__ENTRIES SUPPLIED__
+---+
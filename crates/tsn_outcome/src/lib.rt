//! What a command is given, what it answers, as a value and in a line, and how any command ends: what is told, on which output, and with
//! which status, an outcome as an object of JSON too, for whoever reads it by a program.
//!
//! What the system gives a command (`System`): files and standard streams; and what is told where no command runs (`no_command`).
#![tactic(auto)]

mod answer;
mod answering;
pub mod devices;
mod doubled;
mod files;
pub mod json;
pub mod no_command;
mod object;
mod outcome;
pub mod reason;
mod refusals;
pub mod run;
pub mod stop;
mod system;
pub mod told;

pub use answer::Answer;
pub use answering::outcome_of;
pub use devices::{Given, Made, Opened};
pub use doubled::doubled_in;
pub use no_command::{no_memory, refuse, show};
pub use outcome::{FileKind, Outcome};
pub use reason::failure_line;
pub use refusals::{cert_rejection, file_refusal, refusal, rejection};
pub use stop::Stop;
pub use system::System;
pub use told::Ran;
pub use tsn_device::{FileSink, FileSource, WriterSink};
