//! Which device failed, or gave too much, in a line of words.
ghost use Rattle.std.specs.Prelude.{◌<◌, IsSome};

use crate::devices::Opened;
use crate::run::{DEVICE, MAX_FILE};
use std::alloc::{AllocError, Global};
use tsn_device::device::ReadFault;
use tsn_device::{Action, Failure};
use tsn_text::line_of;

/// Why what a run reads was not read whole, if it wasn't.
pub fn fault_of<A>(answered: &Result<A, ReadFault>) -> Option<ReadFault> {
    match answered {
        Ok(_) => None,
        Err(fault) => Some(*fault),
    }
}

/// The line on a source, where it ended a run with this fault.
pub fn source_line<S: Opened>(
    alloc: Global,
    fault: Option<ReadFault>,
    source: &S,
) -> Option<String> {
    match fault {
        Some(ReadFault::TooLong) => too_long_line(alloc, source.name(), source.count()),
        Some(ReadFault::Broken) => failure_line(alloc, DEVICE, source.failure()),
        Some(ReadFault::Memory) | None => None,
    }
}

/// The line on a file of which a write failed, where that ended a run with this fault.
pub fn write_line(
    alloc: Global,
    fault: Option<ReadFault>,
    failure: Option<Failure<'_>>,
) -> Option<String> {
    match fault {
        Some(ReadFault::Broken) => failure_line(alloc, DEVICE, failure),
        Some(ReadFault::TooLong | ReadFault::Memory) | None => None,
    }
}

/// The line on a device that failed, where that ended a run of this status; None where it didn't fail, or where there is no
/// memory for the line.
pub fn failure_line(alloc: Global, status: u8, failure: Option<Failure<'_>>) -> Option<String> {
    match failure {
        Some(failure) if status == DEVICE => failure_text(alloc, failure).ok(),
        _ => None,
    }
}

fn failure_text(alloc: Global, failure: Failure<'_>) -> Result<String, AllocError> {
    let mut text = line_of(alloc, failure.name);
    match failure.action {
        Action::Read => text.push_str("cannot be read: "),
        Action::Write => text.push_str("cannot be written: "),
    }
    let cause = failure.cause;
    text.push_str(format!(in alloc; "{cause}")?.as_str());
    text.finish()
}

// The line on a file of this name that has so many bytes; None where that isn't too many.
fn too_long_line(alloc: Global, name: &str, count: usize) -> Option<String>
    ensures { IsSome result → MAX_FILE < count }
{
    if count > MAX_FILE {
        too_long_text(alloc, name).ok()
    } else {
        None
    }
}

fn too_long_text(alloc: Global, name: &str) -> Result<String, AllocError> {
    let mut text = line_of(alloc, name);
    text.push_str("longer than ");
    text.push_count(MAX_FILE);
    text.push_str(" bytes");
    text.finish()
}
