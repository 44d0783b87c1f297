// What a program that prints a resolution notification section asks besides its records: where the providers stand, and how
// many authorities one of them has. What is promised of this crate is that it traps on nothing and ends.
#![tactic(auto)]

use frame::payload_end;
use rnt_entries::AuthorityFound;
use rnt_reader::RntSection;

// Where the first provider starts, and where the last one ends.
#[derive(Drop)]
pub struct ProviderPlaces {
    pub first: u16,
    pub end: u16,
}

// A place of a section as its walks take it: no section has as many bytes as 16 bits can count, and no proof has to say so.
fn place(at: usize) -> u16 {
    (at % 65536) as u16
}

// The first provider stands where the common descriptors end.
pub fn places_of(section: RntSection) -> ProviderPlaces {
    let common = section.common_descriptors;
    let first = std::num::wrapping_add_usize(common.start, common.length);
    ProviderPlaces {
        first: place(first),
        end: place(payload_end(section.total)),
    }
}

// The place behind the authority at a place.
fn behind_authority(s: &[u8], end: u16, at: u16) -> u16 {
    let found = rnt_entries::read_authority(s, end, at);
    match found {
        Ok(AuthorityFound { authority: _, next }) => next,
        Err(_) => end,
    }
}

// How many authorities stand between two places: that is printed before them. Each has three bytes at least, so there are
// never as many as bytes before their end, and counting up to these ends no walk too early.
pub fn count_authorities(s: &[u8], end: u16, first: u16) -> usize {
    let most = end as usize;
    let mut at = first;
    for count in 0..most {
        if at >= end {
            return count;
        }
        at = behind_authority(s, end, at);
    }
    most
}
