// Whether a file is an image (document 01, "Image file").
#![tactic(auto)]

ghost use Rattle.std.specs.Prelude.{◌≡◌, drop};
ghost use Rattle.model.specs.Image.{check_bytes_right, image_right};
ghost use Rattle.sections.specs.Sections.{counts_right};

use fields::{block_of, number2};
use memory::record::HIGHEST_FAILED;
use model::Map;
use sections::sizes;

// Each section begins with the count of what it holds.
// The map and the bytes are passed apart, here and in `image_read`, `image_write` and `image`: two of these functions use the map for the store too, and a struct
// for the other four would be a type more for a line in each.
#[tactic(auto, unfolding(sections::specs::Sections::counts_right))]
fn counts_right(map: Map, i: &[u8]) -> bool
    ensures { result ≡ counts_right map i.now }
{
    octets::at(i, 0) == map.pages
        && octets::at(i, sizes::counters_at(map)) == 3
        && octets::at(i, sizes::failed_at(map)) == 1
        && octets::at(i, sizes::key_at(map)) == 1
}

// The check bytes of the serial number, 009 8.5.1; store byte 0 is byte 1 of the image.
fn check_bytes_right(i: &[u8]) -> bool
    ensures { result ≡ check_bytes_right (drop 1 i.now) }
{
    let [sn0, sn1, sn2, bcc0, sn3, sn4, sn5, sn6, bcc1, ..] = block_of(i, 1);
    bcc0 == 0x88 ^ sn0 ^ sn1 ^ sn2 && bcc1 == sn3 ^ sn4 ^ sn5 ^ sn6
}

// The file is an image: its length, its counts, a failed count that a tag can have, and right check bytes.
#[tactic(auto, unfolding(sections::specs::Sections::counts_right, model::specs::Image::image_right))]
pub fn image_right(map: Map, i: &[u8]) -> bool
    ensures { result ≡ image_right map i.now }
{
    i.len() == sizes::image_size(map)
        && counts_right(map, i)
        && number2(i, sizes::failed_at(map) + 1) <= HIGHEST_FAILED
        && check_bytes_right(i)
}
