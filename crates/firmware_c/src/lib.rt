// For C: what crate firmware promises, under the names that the header declares.
#![tactic(auto)]

ghost use Rattle.std.specs.Prelude.{◌≡◌};
ghost use Rattle.bus.specs.Transfers.{start};
ghost use Rattle.bus.specs.Programs.{on_tape};
ghost use Rattle.bus.specs.Lent.{lent_bus};
ghost use Rattle.job_setup.specs.JobInit.{job_init};
ghost use Rattle.firmware.specs.Handed.{handed, as_c, as_number, as_done};
ghost use Rattle.firmware.specs.JobBalance.{job_balance_set, job_balance_get};
ghost use Rattle.firmware.specs.JobCells.{job_cells, as_list};
ghost use Rattle.firmware.specs.JobWired.{job_wired, handed_both, as_both};
ghost use Rattle.firmware.specs.Found.{found, found_for};
ghost use Rattle.job.specs.Seconds.{seconds_for};
ghost use Rattle.protection.specs.Delays.{uv_times, ov_times};
ghost use Rattle.wiring.specs.Questions.{cell_on};

#[unsafe(no_mangle)]
pub extern "C" fn bq769x0_init(job: &[u8], tape: &[u8], log: &mut [u8], out: &mut [u8; 36]) -> u8
    ensures { handed result out.new log.new
        ≡ as_c (on_tape (job_init job.now) (lent_bus tape log start)) }
{
    firmware::bq769x0_init(job, tape, log, out)
}

#[unsafe(no_mangle)]
pub extern "C" fn bq769x0_init_cells(
    job: &[u8],
    tape: &[u8],
    log: &mut [u8],
    list: &mut [u8],
    out: &mut [u8; 36],
) -> u8
    ensures { record { handed = handed result out.new log.new; list = list.new }
        ≡ as_list (on_tape (job_cells job.now list.old) (lent_bus tape log start)) }
{
    firmware::bq769x0_init_cells(job, tape, log, list, out)
}

#[unsafe(no_mangle)]
pub extern "C" fn bq769x0_init_wired(
    job: &[u8],
    tape: &[u8],
    log: &mut [u8],
    inputs: &mut [u8],
    list: &mut [u8],
    spread: &mut [u8; 12],
    out: &mut [u8; 36],
) -> u8
    ensures { handed_both (handed result out.new log.new) inputs.new list.new spread.new
        ≡ as_both spread.old (on_tape (job_wired job.now inputs.old list.old)
        (lent_bus tape log start)) }
{
    firmware::bq769x0_init_wired(job, tape, log, inputs, list, spread, out)
}

#[unsafe(no_mangle)]
pub extern "C" fn bq769x0_balance_set(
    device: &[u8],
    set: u16,
    limit: u8,
    tape: &[u8],
    log: &mut [u8],
    out: &mut [u8; 36],
) -> u8
    ensures { handed result out.new log.new
        ≡ as_done (on_tape (job_balance_set device.now set limit) (lent_bus tape log start)) }
{
    firmware::bq769x0_balance_set(device, set, limit, tape, log, out)
}

#[unsafe(no_mangle)]
pub extern "C" fn bq769x0_balance_get(
    device: &[u8],
    tape: &[u8],
    log: &mut [u8],
    out: &mut [u8; 36],
) -> u8
    ensures { handed result out.new log.new
        ≡ as_number (on_tape (job_balance_get device.now) (lent_bus tape log start)) }
{
    firmware::bq769x0_balance_get(device, tape, log, out)
}

#[unsafe(no_mangle)]
pub extern "C" fn bq769x0_cell_on(x: u8, cells: u8, input: u8, cell: &mut [u8; 1]) -> u8
    ensures { found result cell.new ≡ found_for (cell_on x cells input) cell.old }
{
    firmware::bq769x0_cell_on(x, cells, input, cell)
}

#[unsafe(no_mangle)]
pub extern "C" fn bq769x0_uv_seconds(code: u8, seconds: &mut [u8; 1]) -> u8
    ensures { found result seconds.new ≡ found_for (seconds_for uv_times code) seconds.old }
{
    firmware::bq769x0_uv_seconds(code, seconds)
}

#[unsafe(no_mangle)]
pub extern "C" fn bq769x0_ov_seconds(code: u8, seconds: &mut [u8; 1]) -> u8
    ensures { found result seconds.new ≡ found_for (seconds_for ov_times code) seconds.old }
{
    firmware::bq769x0_ov_seconds(code, seconds)
}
+---+
Write out exactly the lines above between the line with "use rnt_reader::RntSection;" and the line with "so there are", inclusive, and nothing beyond them.

use rnt_reader::RntSection;

// Where the first provider starts, and where the last one ends.
#[derive(Drop)]
pub struct ProviderPlaces {
    pub first: u16,
    pub end: u16,
}

// A place of a section as its walks take it: no section has as many bytes as 16 bits can count, and no proof has to say so.
fn place(at: usize) -> u16 {
    (at % 65536) as u16
}

// The first provider stands where the common descriptors end.
pub fn places_of(section: RntSection) -> ProviderPlaces {
    let common = section.common_descriptors;
    let first = std::num::wrapping_add_usize(common.start, common.length);
    ProviderPlaces {
        first: place(first),
        end: place(payload_end(section.total)),
    }
}

// The place behind the authority at a place.
fn behind_authority(s: &[u8], end: u16, at: u16) -> u16 {
    let found = rnt_entries::read_authority(s, end, at);
    match found {
        Ok(AuthorityFound { authority: _, next }) => next,
        Err(_) => end,
    }
}

// How many authorities stand between two places: that is printed before them. Each has three bytes at least, so there are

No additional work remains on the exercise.